Lab 07 - Smokers in Whickham

Simpson’s paradox

A study of conducted in Whickham, England recorded participants’ age, smoking status at baseline, and then 20 years later recorded their health outcome. In this lab we analyse the relationships between these variables, first two at a time, and then controlling for the third.

Learning goals

Visualising relationships between variables
Discovering Simpson’s paradox via visualisations

Getting started

Go to the course GitHub organization and locate your homework repo, clone it in RStudio and open the R Markdown document. Knit the document to make sure it compiles without errors.

Warm up

Before we introduce the data, let’s warm up with some simple exercises. Update the YAML of your R Markdown file with your information, knit, commit, and push your changes. Make sure to commit with a meaningful commit message. Then, go to your repo on GitHub and confirm that your changes are visible in your Rmd and md files. If anything is missing, commit and push again.

Packages

We’ll use the tidyverse package for much of the data wrangling and visualisation and the data lives in the mosaicData package. These packages are already installed for you. You can load them by running the following in your Console:

library(tidyverse) 
library(mosaicData)

Data

The dataset we’ll use is called Whickham from the mosaicData package. You can find out more about the dataset by inspecting their documentation, which you can access by running ?Whickham in the Console or using the Help menu in RStudio to search for Whickham.

Exercises

What type of study do you think these data come from: observational or experiment? Why?
How many observations are in this dataset? What does each observation represent?
How many variables are in this dataset? What type of variable is each? Display each variable using an appropriate visualization.
What would you expect the relationship between smoking status and health outcome to be?

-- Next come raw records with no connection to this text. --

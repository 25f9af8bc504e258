//! Which update is of which stop.
ghost use Rattle.std.specs.Prelude.{◌≡◌, ◌<◌, ◌^◌, ℕ, All, IfOk, IfSome, length, Some, None, cond};
ghost use Rattle.propagation.specs.Matching.{AreMatchers, AreMatches, AreOrdered, is_at, matcher, next_from};
ghost use Rattle.std.specs.List.{slice_index_or as get_or};

use crate::stops::Stops;
use feed_values::StopTimeUpdate;
use std::alloc::{AllocError, Global};

/// The stop of each update, and the update of each stop.
#[derive(Drop)]
pub(crate) struct Matching {
    places: Vec<Option<usize>>,
    matchers: Vec<Option<u32>>,
    ghost agree: { AreMatchers places.items matchers.items },
}

impl Matching {
    ghost use Rattle.propagation.specs.Stops.{stops_in};

    /// Matches updates with the stops of a trip.
    pub fn new(
        alloc: Global,
        stops: &Stops<'_>,
        updates: &[StopTimeUpdate],
    ) -> Result<Matching, AllocError>
        requires { length updates.now < 2 ^ 32 }
        ensures matches { IfOk result (λ m. AreMatches (stops_in stops.now) updates.now m.places.items) }
        ensures size { IfOk result (λ m. length m.matchers.items ≡ length (stops_in stops.now)) }
    {
        let places = Matching::places_of(alloc, stops, updates)?;
        let matchers = matchers(alloc, stops.len(), places.as_slice())?;
        Ok(Matching { places, matchers })
    }

    // The stops that updates match, in the order of the updates.
    fn places_of(
        alloc: Global,
        stops: &Stops<'_>,
        updates: &[StopTimeUpdate],
    ) -> Result<Vec<Option<usize>>, AllocError>
        ensures { IfOk result (λ matches. AreMatches (stops_in stops.now) updates.now matches.items) }
    {
        let last = stops.last_places(alloc)?;
        let mut places = Vec::new(alloc);
        let mut from = 0;
        for update in updates {
            let place = stops.first_named(&last, update, from);
            from = next_from(place, from);
            places.push(place)?;
        }
        Ok(places)
    }

    /// For each update the place of the stop that it matches.
    pub fn places(&self) -> &[Option<usize>]
        ensures { result.now ≡ self.now.places.items }
    {
        self.places.as_slice()
    }

    /// The index of the update that matches the stop at a place.
    pub fn matcher(&self, place: usize) -> Option<u32>
        requires { place < length self.now.matchers.items }
        ensures { result ≡ matcher self.now.places.items place }
    {
        self.matchers[place]
    }
}

// For each of so many stops the update that matches it.
fn matchers(
    alloc: Global,
    count: usize,
    places: &[Option<usize>],
) -> Result<Vec<Option<u32>>, AllocError>
    requires few { length places.now < 2 ^ 32 }
    requires ordered { AreOrdered places.now }
    requires within { All (λ m. IfSome m (λ place. place < count)) places.now }
    ensures size { IfOk result (λ matchers. length matchers.items ≡ count) }
    ensures agree { IfOk result (λ matchers. AreMatchers places.now matchers.items) }
{
    let mut matchers = vec![in alloc; None; count]?;
    for (index, place) in places.iter().enumerate() {
        note(&mut matchers, index as u32, *place);
    }
    Ok(matchers)
}

// The first place that the next update may match.
fn next_from(place: Option<usize>, from: usize) -> usize
    requires { IfSome place (λ p. p < 2 ^ 63) }
    ensures { result ≡ next_from place from }
{
    match place {
        Some(place) => place + 1,
        None => from,
    }
}

// Notes at a place the update that matches the stop there.
fn note(matchers: &mut Vec<Option<u32>>, index: u32, place: Option<usize>)
    requires { IfSome place (λ p. p < length matchers.old.items) }
    ensures size { length matchers.new.items ≡ length matchers.old.items }
    ensures noted { (other : ℕ) → get_or matchers.new.items other None ≡ cond (is_at other place) (Some index) (get_or matchers.old.items other None) }
{
    if let Some(place) = place {
        matchers[place] = Some(index);
    }
}
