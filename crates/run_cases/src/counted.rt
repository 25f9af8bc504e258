//! The work that the lines of a run come to.

use cases::say;
use std::alloc::{AllocError, Global};

// The number of the member of this name, quoted and with its colon, or 0 where a line has none.
fn member(line: &str, name: &str) -> u64 {
    match line.split_once(name) {
        Some((_, rest)) => {
            let (value, _) = rest.split_once(",").unwrap_or((rest, ""));
            value
                .strip_suffix("}")
                .unwrap_or(value)
                .parse()
                .unwrap_or(0)
        }
        None => 0,
    }
}

// How many accepted snapshots a line is on.
fn snapshots(line: &str) -> u64 {
    if line.contains("\"line\":\"accepted\"") {
        1
    } else {
        member(line, "\"snapshots\":")
    }
}

/// How many entities a run decodes and how many rules it tests, by the counts of its lines: each on a line. A run's counters stand in contracts
/// alone, so no program can ask them.
pub fn say_work(alloc: Global, out: &[u8], answer: &mut Vec<u8>) -> Result<(), AllocError> {
    let Ok(text) = str::from_utf8(out) else {
        return say(answer, "no text");
    };
    let mut decodes: u64 = 0;
    let mut tests: u64 = 0;
    for line in text.lines() {
        let tested = member(line, "\"tested\":");
        let judged = tested.saturating_add(member(line, "\"retested\":"));
        let paired = member(line, "\"paired\":").saturating_mul(3);
        let bounded = member(line, "\"bounded\":").saturating_mul(2);
        let peaked = member(line, "\"peaked\":");
        decodes = decodes.saturating_add(tested);
        tests = tests
            .saturating_add(snapshots(line).saturating_mul(10))
            .saturating_add(judged.saturating_mul(40))
            .saturating_add(paired)
            .saturating_add(bounded)
            .saturating_add(peaked);
    }
    say(answer, format!(in alloc; "decodes {decodes}")?.as_str())?;
    say(answer, format!(in alloc; "tests {tests}")?.as_str())
}
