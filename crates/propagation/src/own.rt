//! The update of a stop.
ghost use Rattle.std.specs.Prelude.{◌≡◌, option_copied, option_map};
ghost use Rattle.propagation.specs.Events.{own_in, own_of};
ghost use Rattle.propagation.specs.Setters.{stated_delay, stated_event, stated_time};

use crate::event_kind::EventKind;
use feed_values::{StopTimeEvent, StopTimeUpdate};

/// The update that matches a stop, with its index.
#[derive(Clone, Copy)]
pub(crate) struct Own<'a> {
    pub index: u32,
    pub update: &'a StopTimeUpdate,
}

/// The update with an index.
pub(crate) fn own_of(updates: &[StopTimeUpdate], index: Option<u32>) -> Option<Own<'_>>
    ensures { option_map own_in result ≡ own_of updates.now index }
{
    match index {
        Some(index) => match updates.get(index as usize) {
            Some(update) => Some(Own { index, update }),
            None => None,
        },
        None => None,
    }
}

/// What an update states of an event.
fn stated_event(update: &StopTimeUpdate, event: EventKind) -> Option<&StopTimeEvent>
    ensures { option_copied result ≡ stated_event event update.now }
{
    match event {
        EventKind::Arrival => update.arrival.as_ref(),
        EventKind::Departure => update.departure.as_ref(),
        EventKind::Trip | EventKind::Update => None,
    }
}

/// The time that an update states of an event, in POSIX seconds.
pub(crate) fn stated_time(update: &StopTimeUpdate, event: EventKind) -> Option<i64>
    ensures { result ≡ stated_time event update.now }
{
    match stated_event(update, event) {
        Some(stated) => stated.time,
        None => None,
    }
}

/// The delay that an update states of an event, in seconds.
pub(crate) fn stated_delay(update: &StopTimeUpdate, event: EventKind) -> Option<i32>
    ensures { result ≡ stated_delay event update.now }
{
    match stated_event(update, event) {
        Some(stated) => stated.delay,
        None => None,
    }
}
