//! Runs over files and sinks in memory, whose cases are the texts in data/ that the arguments name.
//!
//! - `setting` has what stands before a run: its files, its moment, and which calls are to fail; `odd_files` are files that give a
//!   byte at a time, or have no end
//! - `runs` runs, `counted` adds up what its lines count, `ended` tells what a run has left, and `spans` tells once what is the same of runs in a row
//! - `trials` asks what the trial makes
//!
//! The answers of `wrong.cases` are wrong on purpose: `stdout` has what is told of them, so that the gate sees that a wrong answer is
//! told with its text, line and case.
#![tactic(auto)]

mod counted;
mod ended;
mod odd_files;
mod runs;
mod setting;
mod spans;
mod trials;

use crate::runs::Runs;
use cases::{Asked, judge, say, word_list};
use std::alloc::{AllocError, Global};
use std::{env, fs, io};

// What the asks of one text are put to.
#[derive(Drop)]
struct Asks {
    alloc: Global,
    runs: Runs,
}

impl Asked for Asks {
    fn begin(&mut self) {
        self.runs.setting.begin();
    }

    fn answer(&mut self, ask: &str, given: &[u8], answer: &mut Vec<u8>) -> Result<(), AllocError> {
        let words = word_list(self.alloc, ask)?;
        if self.runs.setting.take(&words, given)?
            || self.runs.answer(&words, answer)?
            || trials::answer(self.alloc, &words, answer)?
        {
            return Ok(());
        }
        say(answer, "no such ask")
    }
}

fn judge_file(rt: &HostRuntime, name: &str) -> io::Result<()> {
    let text = fs::read_to_string(rt, name)?;
    let alloc = rt.alloc();
    let mut asked = Asks {
        alloc,
        runs: Runs::new(alloc),
    };
    let told = judge(alloc, name, text.as_str(), &mut asked)?;
    print!(rt; "{told}")
}

fn main(rt: HostRuntime) -> io::Result<()> {
    for name in env::args(&rt)?.skip(1) {
        judge_file(&rt, name.as_str())?;
    }
    Ok(())
}
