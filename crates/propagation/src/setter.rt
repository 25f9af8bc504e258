//! What is set from an event on.

use crate::source::Source;

/// What is set from an event on: a delay in seconds, early is negative, or that there is no data, which is None. (GTFS
/// Realtime Reference, "Trip Updates", delay propagation.)
#[derive(Clone, Copy, Debug)]
pub struct Setter {
    pub source: Source,
    pub delay: Option<i128>,
}
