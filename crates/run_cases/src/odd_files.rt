//! Files of which a pull gives one byte, and files without an end.

use rt_outside::{Failed, Files, MemoryFiles, Opening};

/// Files of which a pull gives one byte.
#[derive(Drop)]
pub struct Dripping {
    pub files: MemoryFiles,
}

impl Files for Dripping {
    ghost use Rattle.std.specs.Prelude.{◌+◌};
    ghost use Rattle.std.specs.Prelude.{None};

    ghost state = { λ dripping. record { told = None; asked = None; faults = dripping.files.calls.faults } };

    fn open_file(&mut self, name: &str) -> Opening {
        self.files.open_file(name)
    }

    fn pull(&mut self, buf: &mut [u8]) -> Result<usize, Failed> {
        match buf.first_chunk_mut::<1>() {
            Some(first) => self.files.pull(first),
            None => Ok(0),
        }
    }
}

/// A file of any name that never ends.
#[derive(Drop)]
pub struct Endless {}

impl Files for Endless {
    ghost use Rattle.std.specs.Prelude.{None};

    ghost state = { λ _. record { told = None; asked = None; faults = 0 } };

    fn open_file(&mut self, _name: &str) -> Opening {
        Opening::Opened
    }

    fn pull(&mut self, buf: &mut [u8]) -> Result<usize, Failed> {
        Ok(buf.len())
    }
}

🧶 ✅ ⬆️ Knit, commit, and push your changes to GitHub with an appropriate commit message. Make sure to commit and push all changed files so that your Git pane is cleared up afterwards.

Create a visualization depicting the relationship between smoking status and health outcome. Briefly describe the relationship, and evaluate whether this meets your expectations. Additionally, calculate the relevant conditional probabilities to help your narrative. Here is some code to get you started:

Whickham %>%
  count(smoker, outcome)

Create a new variable called age_cat using the following scheme:

age <= 44 ~ "18-44"
age > 44 & age <= 64 ~ "45-64"
age > 64 ~ "65+"

Re-create the visualization depicting the relationship between smoking status and health outcome, faceted by age_cat. What changed? What might explain this change? Extend the contingency table from earlier by breaking it down by age category and use it to help your narrative.

Whickham %>%
  count(smoker, age_cat, outcome)

🧶 ✅ ⬆️ Knit, commit, and push your changes to GitHub with an appropriate commit message. Make sure to commit and push all changed files so that your Git pane is cleared up afterwards and review the md document on GitHub to make sure you’re happy with the final state of your work.